» **Problem statement**
Copy out every line holding the string "MemSource" from the records below.
Entries provided: Begin
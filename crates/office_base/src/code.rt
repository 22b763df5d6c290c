// The code of a programme or an institute.
ghost use Rattle.std.specs.Prelude.{◌≡◌};
ghost use Rattle.std.proofs.Common.{lit≤};
ghost use Rattle.std.proofs.lemmas.Bool.{and_parts, leb-true};
ghost use Rattle.std.specs.List.{list_all};
ghost use Rattle.office_base.specs.Codes.{is_code, is_code_byte};

use crate::limits::{LONGEST_CODE, SHORTEST_CODE};
use crate::short_text::{ShortText, Spelling};

/// 1 to 16 letters A to Z and a to z, digits and dashes. Codes are compared byte by byte.
pub type Code = ShortText<CodeSpelling, LONGEST_CODE>;

/// How a code is spelled.
#[derive(Clone, Copy)]
pub struct CodeSpelling {}

impl Spelling<LONGEST_CODE> for CodeSpelling {
    ghost spells = { is_code };

    ghost fits = { λ bytes spelled. leb-true _ _ (and_parts _ _ (and_parts _ _ spelled).0).1 };

    ghost small = { lit≤ tt };

    fn spells(bytes: &[u8]) -> bool {
        SHORTEST_CODE <= bytes.len() && bytes.len() <= LONGEST_CODE && are_code_bytes(bytes)
    }
}

/// Returns whether all bytes are letters, digits or dashes.
fn are_code_bytes(bytes: &[u8]) -> bool
    ensures { result ≡ list_all is_code_byte bytes.now }
{
    bytes
        .iter()
        .all(|byte| byte.is_ascii_alphanumeric() || *byte == b'-')
}
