// A source in memory with visible bytes. It fails at chosen calls.
ghost use Rattle.std.specs.Prelude.{◌≡◌, ◌<◌, ◌≤◌, ◌↔◌, [], ℕ, List, Option, length, take, drop, min, IfOk, OnOk, OnErr, IsErr, IsTrue, Some, Contains};
ghost use Rattle.office_base.specs.Outside.{Rose, TakesPrefix, ComesAtTheEnd};
ghost use Rattle.office_base.specs.Memory.{IsMemoryRead, fresh_source};

use crate::{Failed, OutOfMemory, Source};
use std::alloc::Global;
use std::marker::Model;

/// Holds bytes in memory, and returns them in pieces of at most `piece` bytes.
#[derive(Drop)]
pub struct MemSource {
    bytes: Vec<u8>,
    read: usize,
    piece: usize,
    calls: u64,
    fail_at: Vec<u32>,
    faults: u64,
}

impl Model for MemSource {
    ghost use Rattle.std.specs.Prelude.{◌<◌, ◌≤◌, drop, length};
    ghost use Rattle.office_base.specs.Memory.{SourceMemory};

    ghost Value = { SourceMemory };

    ghost view = { λ a. record { left = drop a.read a.bytes.items; piece = a.piece; calls = a.calls; fail_at = a.fail_at.items; faults = a.faults } };

    ghost invariant = { λ a. (a.read ≤ length a.bytes.items) × (0 < a.piece) };
}

impl MemSource {
    /// Makes a source of these bytes. One read returns at most `piece` bytes.
    /// The calls with the numbers in `fail_at`, from 1, fail.
    pub fn new(
        alloc: Global,
        bytes: &[u8],
        piece: usize,
        fail_at: &[u32],
    ) -> Result<MemSource, OutOfMemory>
        requires { 0 < piece }
        ensures { IfOk result (λ source. source ≡ fresh_source bytes.now piece fail_at.now) }
    {
        Ok(MemSource {
            bytes: Vec::from_slice(alloc, bytes)?,
            read: 0,
            piece,
            calls: 0,
            fail_at: Vec::from_slice(alloc, fail_at)?,
            faults: 0,
        })
    }
}

impl Source for MemSource {
    ghost left = { λ source. Some source.left };

    ghost faults = { λ source. source.faults };

    fn read(&mut self, buf: &mut [u8]) -> Result<usize, Failed>
        ensures within { IfOk result (λ n. n ≤ length buf.old) }
        ensures taken { IfOk result (λ n.
            TakesPrefix n (Some self.old.left) (Some self.new.left) buf.new) }
        ensures ended { IfOk result (λ n. ComesAtTheEnd n (length buf.old) (Some self.old.left)) }
        ensures kept { OnErr result (Some self.new.left ≡ Some self.old.left) }
        ensures count { self.old.faults ≤ self.new.faults }
        ensures steady { OnOk result (self.new.faults ≡ self.old.faults) }
        ensures cause { OnErr result (Rose self.old.faults self.new.faults) }
        ensures memory { IsMemoryRead (length buf.old) self.old self.new result }
    {
        self.calls = self.calls.saturating_add(1);
        if fails_at(&self.fail_at, self.calls) {
            self.faults = self.faults.saturating_add(1);
            return Err(Failed);
        }
        let left = self.bytes.len() - self.read;
        let count = self.piece.min(buf.len().min(left));
        buf[..count].copy_from_slice(&self.bytes[self.read..self.read + count]);
        self.read += count;
        Ok(count)
    }
}

/// Returns whether the call of this number, from 1, is one of those that must fail.
pub fn fails_at(fail_at: &[u32], call: u64) -> bool
    ensures { IsTrue result ↔ Contains fail_at.now call }
{
    fail_at.iter().any(|at| u64::from(*at) == call)
}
Entries provided: End
» **Task response**
pub struct MemSource {
impl Model for MemSource {
impl MemSource {
    ) -> Result<MemSource, OutOfMemory>
        Ok(MemSource {
impl Source for MemSource {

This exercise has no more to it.